Source data Block Start

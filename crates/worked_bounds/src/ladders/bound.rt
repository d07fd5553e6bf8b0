//! The bound that a raised list gives.
ghost use Rattle.std.specs.Prelude.{◌≡◌, ◌≤ℤ◌, IfOk};
ghost use Rattle.instance_model.specs.Plans.{AreAllowedStarts};
ghost use Rattle.lagrange_bound.specs.Prices.{IsPriceList};
ghost use Rattle.price_ladder.specs.Raised.{root_worth, least_total};
ghost use Rattle.worked_bounds.specs.Bounding.{BoundsScores, IsRaisedWorth};

use certificate_tree::BoxPath;
use instance_model::Instance;
use lagrange_bound::{Prices, RiskGoal, tabulate, worth, worth_bounds_plans};
use price_ladder::raise_plainly;
use std::alloc::{AllocError, Global};

/// The worth of the box of all starts, of which these are allowed ones.
pub fn root_worth(
    alloc: Global,
    inst: &Instance,
    prices: &Prices,
    starts: &[u32],
) -> Result<i128, AllocError>
    requires prices { IsPriceList inst.now prices.now }
    requires starts { AreAllowedStarts inst.now starts.now }
    ensures { IfOk result (λ w. w ≡ root_worth inst.now prices.now) }
{
    inst.fits();
    let root = BoxPath::root(alloc, inst)?;
    let table = tabulate(alloc, &RiskGoal, inst, prices)?;
    Ok(worth(&table, root.spans()))
}

/// A bound on the scores of all plans: the worth of the box of all starts by the list that is raised for a plan of
/// these starts. `are_allowed` of `small_instances` tests starts.
pub fn raised_bound(alloc: Global, inst: &Instance, starts: &[u32]) -> Result<i128, AllocError>
    requires { AreAllowedStarts inst.now starts.now }
    ensures raised { IfOk result (IsRaisedWorth inst.now starts.now) }
    ensures proved { IfOk result (BoundsScores inst.now) }
    ensures not_below_zeros { IfOk result (λ bound. least_total inst.now ≤ℤ bound) }
{
    inst.fits();
    worth_bounds_plans(&RiskGoal);
    let prices = raise_plainly(alloc, inst, starts)?;
    root_worth(alloc, inst, &prices, starts)
}
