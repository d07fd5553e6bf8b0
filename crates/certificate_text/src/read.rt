//! Certificates read from their texts.
//!
//! `certificate_text` is the one text of a certificate, and `HasCertFault` says which fault a text has that is none.

mod entry;
mod fault;
mod fits;
mod header;
mod key;
mod laws;
mod lines;
mod lists;
mod node;
mod nodes;
mod read;
mod refusal;

pub use entry::set_entry;
pub use fault::CertFault;
pub use fits::counts_to;
pub use header::{bound_of, count_of};
pub use key::{EntryKey, key_of};
pub use laws::texts_are_told;
pub use lines::Lines;
pub use nodes::read_nodes;
pub use read::read_certificate;
pub use refusal::Refusal;
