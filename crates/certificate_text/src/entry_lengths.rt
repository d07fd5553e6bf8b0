//! The lengths of the entries of price lists.
ghost use Rattle.std.specs.Prelude.{◌≡◌, ◌+◌, ◌<◌, ◌≤◌, [], ◌∷◌, length, map};
ghost use Rattle.lagrange_bound.specs.Prices.{IsPriceList, tail_of};
ghost use Rattle.lagrange_bound.specs.Changes.{IsBandPlace};
ghost use Rattle.certificate_lines.specs.declared.line.CertificateLine.{CertificateLine};
ghost use Rattle.certificate_lines.specs.Spelling.{words};
ghost use Rattle.certificate_text.specs.Text.{line_text, text_of_lines, limit_lines, tail_lines, ex_line, entry_lines};
ghost use Rattle.certificate_text.specs.Steps.{limit_table, limit_form, limit_of, price_lines, row_lines};
ghost use Rattle.certificate_text.specs.Lengths.{counted_length};

use crate::limits::limit_price;
use crate::line_lengths::{ex_length, limit_length, word_length};
use certificate_tree::Side;
use instance_model::Instance;
use lagrange_bound::{ExPrice, Prices, Tail};

/// All entries of a price list.
pub fn entries_length(inst: &Instance, prices: &Prices) -> u64
    requires { IsPriceList inst.now prices.now }
    ensures { result ≡ counted_length (text_of_lines (entry_lines inst.now prices.now)) }
{
    let upper = limits_length(inst, prices, Side::Over);
    let lower = limits_length(inst, prices, Side::Under);
    let tails = tails_length(inst, prices);
    let ex = exs_length(prices.ex_prices());
    upper.saturating_add(lower.saturating_add(tails.saturating_add(ex)))
}

/// The prices on the upper or on the lower limits.
fn limits_length(inst: &Instance, prices: &Prices, side: Side) -> u64
    requires { IsPriceList inst.now prices.now }
    ensures { result ≡ counted_length
        (text_of_lines (limit_lines (limit_form side) inst.now.periods 0 (limit_table side prices.now))) }
{
    let mut total: u64 = 0;
    for c in 0..inst.resources() {
        total = total.saturating_add(row_length(inst, prices, side, c));
    }
    total
}

/// Those of one resource.
fn row_length(inst: &Instance, prices: &Prices, side: Side, c: u32) -> u64
    requires in_range { IsPriceList inst.now prices.now }
    requires resource { c < length inst.now.resource_names }
    ensures { result ≡ counted_length (text_of_lines (row_lines inst.now side prices.now c)) }
{
    let mut total: u64 = 0;
    for u in 0..inst.periods() {
        total = total.saturating_add(price_length(inst, prices, side, c, u + 1));
    }
    total
}

/// The one of a resource and a period, unless it is 0.
fn price_length(inst: &Instance, prices: &Prices, side: Side, c: u32, t: u32) -> u64
    requires in_range { IsPriceList inst.now prices.now }
    requires place { IsBandPlace inst.now c t }
    ensures { result ≡ counted_length
        (text_of_lines (price_lines side (c + 1) t (limit_of inst.now side prices.now c t))) }
{
    let v = limit_price(inst, prices, side, c, t);
    if v == 0 {
        return 0;
    }
    limit_length(side, u64::from(c) + 1, u64::from(t), u64::from(v))
}

/// All tails.
fn tails_length(inst: &Instance, prices: &Prices) -> u64
    requires { IsPriceList inst.now prices.now }
    ensures { result ≡ counted_length (text_of_lines (tail_lines 1 prices.now.tails)) }
{
    let mut total: u64 = 0;
    for u in 0..inst.periods() {
        total = total.saturating_add(tail_length_at(inst, prices, u + 1));
    }
    total
}

/// The tail of a period, where there is one.
fn tail_length_at(inst: &Instance, prices: &Prices, t: u32) -> u64
    requires in_range { IsPriceList inst.now prices.now }
    requires from { 1 ≤ t }
    requires to { t ≤ inst.now.periods }
    ensures { result ≡ counted_length (text_of_lines (tail_lines t (tail_of prices.now t ∷ []))) }
{
    match prices.tail(inst, t) {
        Some(tail) => tail_length(t, tail),
        None => 0,
    }
}

/// The line of a tail.
fn tail_length(t: u32, tail: &Tail) -> u64
    ensures { result ≡ counted_length (line_text (CertificateLine.Tail t tail.now.weight tail.now.places)) }
{
    let front = word_length(u64::from(t)) + word_length(u64::from(tail.weight)) + 5;
    front.saturating_add(places_length(tail.places.as_slice()))
}

/// The scenarios of a tail.
fn places_length(places: &[u32]) -> u64
    ensures { result ≡ counted_length (words places.now) }
{
    let mut total: u64 = 0;
    for place in places {
        total = total.saturating_add(word_length(u64::from(*place)));
    }
    total
}

/// All prices of exclusions.
fn exs_length(ex: &[ExPrice]) -> u64
    ensures { result ≡ counted_length (text_of_lines (map ex_line ex.now)) }
{
    let mut total: u64 = 0;
    for x in ex {
        total = total.saturating_add(ex_length(*x));
    }
    total
}
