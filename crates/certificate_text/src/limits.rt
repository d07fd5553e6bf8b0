//! The prices on limits.
ghost use Rattle.std.specs.Prelude.{◌≡◌};
ghost use Rattle.lagrange_bound.specs.Prices.{IsPriceList};
ghost use Rattle.lagrange_bound.specs.Changes.{IsBandPlace};
ghost use Rattle.certificate_text.specs.Steps.{limit_of};

use certificate_tree::Side;
use instance_model::Instance;
use lagrange_bound::Prices;

/// The one on the upper or on the lower limit of a resource in a period.
pub(crate) fn limit_price(inst: &Instance, prices: &Prices, side: Side, c: u32, t: u32) -> u32
    requires in_range { IsPriceList inst.now prices.now }
    requires place { IsBandPlace inst.now c t }
    ensures { result ≡ limit_of inst.now side prices.now c t }
{
    match side {
        Side::Over => prices.up(inst, c, t),
        Side::Under => prices.lo(inst, c, t),
    }
}
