//! A certificate is written.
ghost use Rattle.std.specs.Prelude.{map, All, IsTrue};
ghost use Rattle.std.specs.List.{flat_map};
ghost use Rattle.plan_desk.specs.Written.{WritesText};
ghost use Rattle.lagrange_bound.specs.Prices.{IsPriceList};
ghost use Rattle.certificate_tree.specs.Ranges.{IsInRange};
ghost use Rattle.certificate_text.specs.Text.{text_of_lines, list_lines, node_line, tree_lines, certificate_text};
ghost use Rattle.certificate_text.specs.Steps.{header_lines};

use crate::entries::write_entries;
use crate::put::{line_of_node, put_line};
use certificate_lines::CertificateLine;
use certificate_tree::{Certificate, Node};
use instance_model::Instance;
use lagrange_bound::Prices;
use plan_desk::{Desk, Failed};

/// Writes the text of a certificate to the end of the file that is open. Takes no memory.
pub fn write_certificate<D: Desk>(
    inst: &Instance,
    cert: &Certificate,
    desk: &mut D,
) -> Result<(), Failed>
    requires opened { IsTrue (D.shows desk.old).output.opened }
    requires in_range { IsInRange inst.now cert.now }
    ensures { WritesText (certificate_text inst.now cert.now) (D.shows desk.old) (D.shows desk.new) result }
{
    write_header(cert, desk)?;
    write_lists(inst, cert.lists.as_slice(), desk)?;
    write_tree(cert.nodes.as_slice(), desk)
}

fn write_header<D: Desk>(cert: &Certificate, desk: &mut D) -> Result<(), Failed>
    requires opened { IsTrue (D.shows desk.old).output.opened }
    ensures { WritesText (text_of_lines (header_lines cert.now)) (D.shows desk.old) (D.shows desk.new) result }
{
    put_line(CertificateLine::Title(cert.version), desk)?;
    put_line(CertificateLine::Bound(cert.bound), desk)?;
    let count = cert.lists.as_slice().len() as u64;
    put_line(CertificateLine::Lists { count }, desk)
}

fn write_lists<D: Desk>(inst: &Instance, lists: &[Prices], desk: &mut D) -> Result<(), Failed>
    requires opened { IsTrue (D.shows desk.old).output.opened }
    requires in_range { All (IsPriceList inst.now) lists.now }
    ensures { WritesText (text_of_lines (flat_map (list_lines inst.now) lists.now)) (D.shows desk.old)
        (D.shows desk.new) result }
{
    for prices in lists {
        write_list(inst, prices, desk)?;
    }
    Ok(())
}

fn write_list<D: Desk>(inst: &Instance, prices: &Prices, desk: &mut D) -> Result<(), Failed>
    requires opened { IsTrue (D.shows desk.old).output.opened }
    requires in_range { IsPriceList inst.now prices.now }
    ensures { WritesText (text_of_lines (list_lines inst.now prices.now)) (D.shows desk.old) (D.shows desk.new) result }
{
    put_line(CertificateLine::Prices, desk)?;
    write_entries(inst, prices, desk)
}

pub fn write_tree<D: Desk>(nodes: &[Node], desk: &mut D) -> Result<(), Failed>
    requires opened { IsTrue (D.shows desk.old).output.opened }
    ensures { WritesText (text_of_lines (tree_lines nodes.now)) (D.shows desk.old) (D.shows desk.new) result }
{
    put_line(CertificateLine::Tree, desk)?;
    write_nodes(nodes, desk)
}

fn write_nodes<D: Desk>(nodes: &[Node], desk: &mut D) -> Result<(), Failed>
    requires opened { IsTrue (D.shows desk.old).output.opened }
    ensures { WritesText (text_of_lines (map node_line nodes.now)) (D.shows desk.old) (D.shows desk.new) result }
{
    for node in nodes {
        put_line(line_of_node(*node), desk)?;
    }
    Ok(())
}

Source data Block End

Exercise requirements: Wherever a line above contains the string "nodes", count it; then give the total alone.

Your solution: 9